In the entries that follow, how many lines include the string "below"? The answer is the number only.

Segment Open

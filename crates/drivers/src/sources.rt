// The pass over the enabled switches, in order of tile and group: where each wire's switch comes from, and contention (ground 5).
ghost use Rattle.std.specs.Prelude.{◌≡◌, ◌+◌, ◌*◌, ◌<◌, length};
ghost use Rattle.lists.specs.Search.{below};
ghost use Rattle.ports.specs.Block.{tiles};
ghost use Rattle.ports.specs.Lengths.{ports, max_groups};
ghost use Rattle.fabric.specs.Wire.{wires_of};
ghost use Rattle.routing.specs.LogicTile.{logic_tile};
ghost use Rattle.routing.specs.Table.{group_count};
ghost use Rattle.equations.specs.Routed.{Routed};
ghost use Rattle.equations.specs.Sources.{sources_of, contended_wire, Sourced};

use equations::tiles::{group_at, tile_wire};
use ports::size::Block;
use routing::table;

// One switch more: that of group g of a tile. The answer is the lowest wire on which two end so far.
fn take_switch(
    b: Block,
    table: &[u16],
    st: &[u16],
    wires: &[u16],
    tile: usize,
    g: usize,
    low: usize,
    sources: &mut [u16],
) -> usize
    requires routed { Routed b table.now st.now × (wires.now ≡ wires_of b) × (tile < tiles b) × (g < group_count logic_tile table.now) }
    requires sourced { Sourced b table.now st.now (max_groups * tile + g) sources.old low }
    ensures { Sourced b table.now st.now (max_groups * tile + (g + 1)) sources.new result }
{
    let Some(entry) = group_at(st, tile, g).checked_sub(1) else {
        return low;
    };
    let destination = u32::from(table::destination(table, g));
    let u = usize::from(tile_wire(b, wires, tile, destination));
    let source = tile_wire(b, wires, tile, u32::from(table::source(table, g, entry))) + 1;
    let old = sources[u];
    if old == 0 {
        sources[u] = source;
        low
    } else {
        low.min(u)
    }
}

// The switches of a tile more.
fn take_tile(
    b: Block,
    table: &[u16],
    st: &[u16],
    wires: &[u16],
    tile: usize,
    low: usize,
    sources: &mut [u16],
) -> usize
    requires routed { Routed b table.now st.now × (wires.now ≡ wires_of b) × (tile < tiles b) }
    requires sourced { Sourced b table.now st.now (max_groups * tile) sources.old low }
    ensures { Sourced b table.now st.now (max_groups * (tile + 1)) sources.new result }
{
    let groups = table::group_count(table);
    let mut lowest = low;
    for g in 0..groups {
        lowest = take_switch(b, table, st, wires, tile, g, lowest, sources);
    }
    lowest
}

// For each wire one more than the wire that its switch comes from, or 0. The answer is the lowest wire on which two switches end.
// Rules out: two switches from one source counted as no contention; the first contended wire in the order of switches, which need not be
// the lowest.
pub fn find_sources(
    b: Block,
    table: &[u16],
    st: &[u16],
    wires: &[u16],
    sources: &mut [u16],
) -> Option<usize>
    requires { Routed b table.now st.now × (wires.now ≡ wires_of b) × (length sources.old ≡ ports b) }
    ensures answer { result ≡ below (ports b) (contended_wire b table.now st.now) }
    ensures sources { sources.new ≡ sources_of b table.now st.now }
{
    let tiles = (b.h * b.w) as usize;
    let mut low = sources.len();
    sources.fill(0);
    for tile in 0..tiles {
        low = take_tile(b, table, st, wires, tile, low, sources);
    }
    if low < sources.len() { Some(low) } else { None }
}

Segment Closed
Segment Open

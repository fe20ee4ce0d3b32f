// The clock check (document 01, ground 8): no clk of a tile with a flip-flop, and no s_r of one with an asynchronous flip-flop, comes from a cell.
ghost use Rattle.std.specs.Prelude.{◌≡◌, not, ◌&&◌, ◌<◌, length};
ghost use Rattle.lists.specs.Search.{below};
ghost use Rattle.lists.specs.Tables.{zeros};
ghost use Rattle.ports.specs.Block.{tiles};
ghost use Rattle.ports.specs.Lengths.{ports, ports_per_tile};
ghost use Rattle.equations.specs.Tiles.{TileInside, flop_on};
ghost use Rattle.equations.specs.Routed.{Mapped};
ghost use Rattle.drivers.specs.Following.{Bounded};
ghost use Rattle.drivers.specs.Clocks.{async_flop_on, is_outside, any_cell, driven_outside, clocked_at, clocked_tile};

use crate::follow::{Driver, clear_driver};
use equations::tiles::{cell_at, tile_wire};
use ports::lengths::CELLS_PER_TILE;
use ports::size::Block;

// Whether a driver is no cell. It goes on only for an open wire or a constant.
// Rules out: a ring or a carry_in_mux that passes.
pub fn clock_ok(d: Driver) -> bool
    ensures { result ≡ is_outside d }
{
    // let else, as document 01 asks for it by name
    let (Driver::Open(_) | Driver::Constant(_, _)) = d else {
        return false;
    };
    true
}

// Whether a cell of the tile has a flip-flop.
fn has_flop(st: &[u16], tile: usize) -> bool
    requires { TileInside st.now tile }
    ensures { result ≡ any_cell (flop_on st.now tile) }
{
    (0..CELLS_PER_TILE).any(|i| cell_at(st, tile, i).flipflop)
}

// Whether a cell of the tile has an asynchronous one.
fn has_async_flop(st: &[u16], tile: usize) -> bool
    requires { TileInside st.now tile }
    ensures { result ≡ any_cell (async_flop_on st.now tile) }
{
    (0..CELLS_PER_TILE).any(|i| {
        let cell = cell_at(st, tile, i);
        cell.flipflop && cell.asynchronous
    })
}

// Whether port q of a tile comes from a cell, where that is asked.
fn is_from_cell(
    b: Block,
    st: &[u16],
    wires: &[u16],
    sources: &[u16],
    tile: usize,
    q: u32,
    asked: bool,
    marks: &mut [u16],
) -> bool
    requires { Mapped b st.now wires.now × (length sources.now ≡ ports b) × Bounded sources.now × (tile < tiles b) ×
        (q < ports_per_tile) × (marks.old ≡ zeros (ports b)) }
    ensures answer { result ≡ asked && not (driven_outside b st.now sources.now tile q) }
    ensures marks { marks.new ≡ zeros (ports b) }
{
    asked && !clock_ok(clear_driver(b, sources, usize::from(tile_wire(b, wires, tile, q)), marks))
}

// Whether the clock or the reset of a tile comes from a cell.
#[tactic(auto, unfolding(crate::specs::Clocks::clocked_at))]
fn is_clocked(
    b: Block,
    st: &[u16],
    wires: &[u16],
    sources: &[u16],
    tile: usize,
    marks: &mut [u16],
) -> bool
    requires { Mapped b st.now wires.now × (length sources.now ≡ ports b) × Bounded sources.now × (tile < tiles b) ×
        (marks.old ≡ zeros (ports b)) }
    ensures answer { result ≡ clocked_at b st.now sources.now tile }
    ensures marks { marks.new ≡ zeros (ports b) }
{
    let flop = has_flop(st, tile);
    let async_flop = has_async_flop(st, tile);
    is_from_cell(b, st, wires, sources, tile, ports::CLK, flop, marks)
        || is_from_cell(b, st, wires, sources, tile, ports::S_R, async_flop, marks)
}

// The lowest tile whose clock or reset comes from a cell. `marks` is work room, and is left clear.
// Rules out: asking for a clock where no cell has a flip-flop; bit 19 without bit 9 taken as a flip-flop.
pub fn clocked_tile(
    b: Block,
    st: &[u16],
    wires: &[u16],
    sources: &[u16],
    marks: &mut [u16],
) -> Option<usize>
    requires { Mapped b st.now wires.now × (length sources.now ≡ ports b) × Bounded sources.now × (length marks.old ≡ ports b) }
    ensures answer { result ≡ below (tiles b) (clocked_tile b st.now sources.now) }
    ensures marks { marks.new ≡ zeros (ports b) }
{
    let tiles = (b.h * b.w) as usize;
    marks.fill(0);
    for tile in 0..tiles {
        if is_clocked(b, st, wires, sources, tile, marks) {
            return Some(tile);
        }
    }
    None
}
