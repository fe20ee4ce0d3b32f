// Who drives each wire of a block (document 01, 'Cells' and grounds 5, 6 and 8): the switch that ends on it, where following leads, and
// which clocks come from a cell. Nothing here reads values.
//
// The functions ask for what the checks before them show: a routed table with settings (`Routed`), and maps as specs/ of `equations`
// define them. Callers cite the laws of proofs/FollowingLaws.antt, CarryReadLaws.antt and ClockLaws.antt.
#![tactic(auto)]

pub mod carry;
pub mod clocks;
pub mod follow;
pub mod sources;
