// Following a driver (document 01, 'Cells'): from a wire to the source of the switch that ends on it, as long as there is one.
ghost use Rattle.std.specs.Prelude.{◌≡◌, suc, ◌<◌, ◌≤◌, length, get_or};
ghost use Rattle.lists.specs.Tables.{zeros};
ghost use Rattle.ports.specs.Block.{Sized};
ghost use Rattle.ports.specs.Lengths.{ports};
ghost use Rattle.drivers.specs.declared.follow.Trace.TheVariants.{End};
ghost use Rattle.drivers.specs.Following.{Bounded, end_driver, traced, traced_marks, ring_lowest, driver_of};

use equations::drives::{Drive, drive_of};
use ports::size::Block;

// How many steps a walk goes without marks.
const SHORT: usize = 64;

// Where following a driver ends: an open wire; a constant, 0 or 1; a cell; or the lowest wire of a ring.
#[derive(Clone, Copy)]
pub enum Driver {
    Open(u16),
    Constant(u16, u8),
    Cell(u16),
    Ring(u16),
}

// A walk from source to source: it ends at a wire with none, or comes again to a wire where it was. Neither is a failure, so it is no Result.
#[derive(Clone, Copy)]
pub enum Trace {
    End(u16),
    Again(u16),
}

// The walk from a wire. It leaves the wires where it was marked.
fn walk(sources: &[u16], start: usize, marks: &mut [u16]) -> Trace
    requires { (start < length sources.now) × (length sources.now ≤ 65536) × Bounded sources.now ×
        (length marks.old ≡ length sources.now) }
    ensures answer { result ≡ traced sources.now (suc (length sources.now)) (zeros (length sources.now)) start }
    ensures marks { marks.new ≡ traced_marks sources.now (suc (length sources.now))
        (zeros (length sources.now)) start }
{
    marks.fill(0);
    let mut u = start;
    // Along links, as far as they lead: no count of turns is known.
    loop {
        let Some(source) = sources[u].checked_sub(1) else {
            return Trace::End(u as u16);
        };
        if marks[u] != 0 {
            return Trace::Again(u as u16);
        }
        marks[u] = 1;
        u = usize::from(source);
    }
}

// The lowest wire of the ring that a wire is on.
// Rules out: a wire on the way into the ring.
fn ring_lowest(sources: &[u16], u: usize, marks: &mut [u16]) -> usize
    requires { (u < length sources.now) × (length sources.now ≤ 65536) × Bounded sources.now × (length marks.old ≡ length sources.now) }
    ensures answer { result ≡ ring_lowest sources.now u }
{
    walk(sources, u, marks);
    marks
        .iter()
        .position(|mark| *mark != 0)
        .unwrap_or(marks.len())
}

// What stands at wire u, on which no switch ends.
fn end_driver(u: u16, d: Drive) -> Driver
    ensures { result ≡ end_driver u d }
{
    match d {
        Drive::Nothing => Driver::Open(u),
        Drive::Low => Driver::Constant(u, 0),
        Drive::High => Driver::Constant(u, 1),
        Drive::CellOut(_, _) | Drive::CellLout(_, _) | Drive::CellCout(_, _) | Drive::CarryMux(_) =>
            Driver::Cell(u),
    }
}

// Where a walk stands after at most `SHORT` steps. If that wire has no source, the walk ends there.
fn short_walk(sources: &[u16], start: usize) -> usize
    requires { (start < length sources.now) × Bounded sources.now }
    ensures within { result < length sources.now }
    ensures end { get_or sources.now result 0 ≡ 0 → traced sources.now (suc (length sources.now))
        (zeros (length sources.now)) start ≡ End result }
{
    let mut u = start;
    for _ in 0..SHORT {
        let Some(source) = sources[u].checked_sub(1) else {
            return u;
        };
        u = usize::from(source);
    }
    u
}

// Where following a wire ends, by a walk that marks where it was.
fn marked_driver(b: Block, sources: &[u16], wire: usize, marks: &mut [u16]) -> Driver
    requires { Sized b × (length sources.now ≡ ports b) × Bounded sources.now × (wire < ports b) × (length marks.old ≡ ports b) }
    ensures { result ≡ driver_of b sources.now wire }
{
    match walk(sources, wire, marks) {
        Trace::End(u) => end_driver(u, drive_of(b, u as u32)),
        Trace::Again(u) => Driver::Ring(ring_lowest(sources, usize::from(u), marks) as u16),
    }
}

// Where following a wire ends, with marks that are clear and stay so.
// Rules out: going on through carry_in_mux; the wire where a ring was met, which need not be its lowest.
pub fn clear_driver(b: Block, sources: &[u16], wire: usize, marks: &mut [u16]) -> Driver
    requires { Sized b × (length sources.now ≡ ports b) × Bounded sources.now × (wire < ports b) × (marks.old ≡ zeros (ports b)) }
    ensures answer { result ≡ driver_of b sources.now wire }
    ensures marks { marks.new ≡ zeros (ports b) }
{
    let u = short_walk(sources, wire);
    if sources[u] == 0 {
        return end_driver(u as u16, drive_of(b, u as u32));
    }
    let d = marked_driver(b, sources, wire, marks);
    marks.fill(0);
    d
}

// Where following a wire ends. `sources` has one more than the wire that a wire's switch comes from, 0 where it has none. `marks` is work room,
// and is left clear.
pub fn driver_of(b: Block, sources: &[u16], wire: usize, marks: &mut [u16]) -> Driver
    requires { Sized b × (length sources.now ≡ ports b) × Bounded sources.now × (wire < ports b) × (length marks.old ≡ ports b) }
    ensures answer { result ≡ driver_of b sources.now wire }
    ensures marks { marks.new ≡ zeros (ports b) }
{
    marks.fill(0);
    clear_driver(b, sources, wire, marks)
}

Segment Closed

(ANSWER SPACE):
4